Collected data entries:
○ ○ ○ ○ ○ ○ ○

// A list of answers: words of 16 lower-case hex digits, each with one byte after it, as oracle/README.md describes,
// and doubles as the words of such a list. Every program that replays a list reads it here.
#![tactic(auto)]

ghost use Rattle.std.specs.Prelude.{◌≡◌, ◌<◌, length};
ghost use Rattle.std.specs.Float.{binary64};
ghost use Rattle.std.specs.Float.Ieee.{to_bits, of_bits, nan_bits};
ghost use Rattle.answers.specs.List.{digit_of, words_of, word_of, below_of, holds_of, byte_in, bytes_from};
ghost use Rattle.answers.specs.Replayed.{counted};

// The value of a hex digit; any other byte counts as 0.
#[tactic(auto, using(std::proofs::lemmas::Bool::Decides::nat_tests), unfolding(crate::specs::List::digit_of))]
fn digit(glyph: u8) -> u64
    ensures { (result ≡ digit_of glyph) × (result < 16) }
{
    match glyph {
        b'0'..=b'9' => u64::from(glyph) - 48,
        b'a'..=b'f' => u64::from(glyph) - 87,
        _ => 0,
    }
}

// How many words the list holds.
pub fn words(list: &[u8]) -> usize
    ensures { result ≡ words_of list.now }
{
    list.len() / 17
}

// The word at `index`, and 0 past the last.
pub fn word(list: &[u8], index: usize) -> u64
    ensures { result ≡ word_of list.now index }
{
    if list.len() / 17 <= index {
        return 0;
    }
    let start = index * 17;
    let mut value: u64 = 0;
    for glyph in &list[start..start + 16] {
        value = value * 16 + digit(*glyph);
    }
    value
}

// The word at `index` where it is below `bound`, else 0.
pub fn below(list: &[u8], index: usize, bound: u64) -> usize
    ensures value { result ≡ below_of list.now index bound }
    ensures in_bounds { 0 < bound → result < bound }
{
    let x = word(list, index);
    if x < bound { x as usize } else { 0 }
}

// Whether the words from `at` on are these.
pub fn holds(list: &[u8], at: usize, values: &[u64]) -> bool
    ensures { result ≡ holds_of list.now at values.now }
{
    let mut agrees = true;
    for (i, value) in values.iter().enumerate() {
        agrees = agrees & (word(list, at.saturating_add(i)) == *value);
    }
    agrees
}

// Byte `i` of the bytes packed from word `at` on, eight to a word, lowest first.
pub fn byte_of(list: &[u8], at: usize, i: usize) -> u8
    ensures { result ≡ byte_in list.now at i }
{
    let lowest = (i % 8 * 8) as u64;
    ((word(list, at.saturating_add(i / 8)) >> lowest) % 256) as u8
}

// Fills `room` with the bytes packed from word `at` on.
pub fn load(list: &[u8], at: usize, room: &mut [u8])
    ensures { room.new ≡ bytes_from list.now at 0 (length room.old) }
{
    for (i, byte) in room.iter_mut().enumerate() {
        *byte = byte_of(list, at, i);
    }
}

// A double's word: its bits, any NaN as 7ff8000000000000.
pub fn bits(x: f64) -> u64
    ensures { result ≡ to_bits binary64 x }
{
    if x != x {
        return 0x7ff8_0000_0000_0000;
    }
    f64::to_bits(x)
}

// Whether these are a NaN's bits.
fn is_nan(bits: u64) -> bool
    ensures { result ≡ nan_bits binary64 bits }
{
    0x7ff0_0000_0000_0000 < bits % 0x8000_0000_0000_0000
}

// The double of a word.
pub fn double(bits: u64) -> f64
    ensures { result ≡ of_bits binary64 bits }
{
    if is_nan(bits) {
        return 0.0 / 0.0;
    }
    f64::from_bits(bits)
}

// How many records agreed, of how many.
#[derive(Clone, Copy, Debug, PartialEq, Eq)]
pub struct Replayed {
    pub agreed: u64,
    pub all: u64,
}

impl Replayed {
    // One record more, which agrees or does not.
    pub fn count(self, agrees: bool) -> Replayed
        ensures { result ≡ counted self agrees }
    {
        Replayed {
            agreed: self.agreed.wrapping_add(u64::from(agrees)),
            all: self.all.wrapping_add(1),
        }
    }
}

○ ○ ○ ○ ○ ○ ○

When the word "Float" shows up in a line of the entries, report that line.

ghost use Rattle.std.specs.Float.{binary64};
ghost use Rattle.std.specs.Float.Ieee.{to_bits, of_bits, nan_bits};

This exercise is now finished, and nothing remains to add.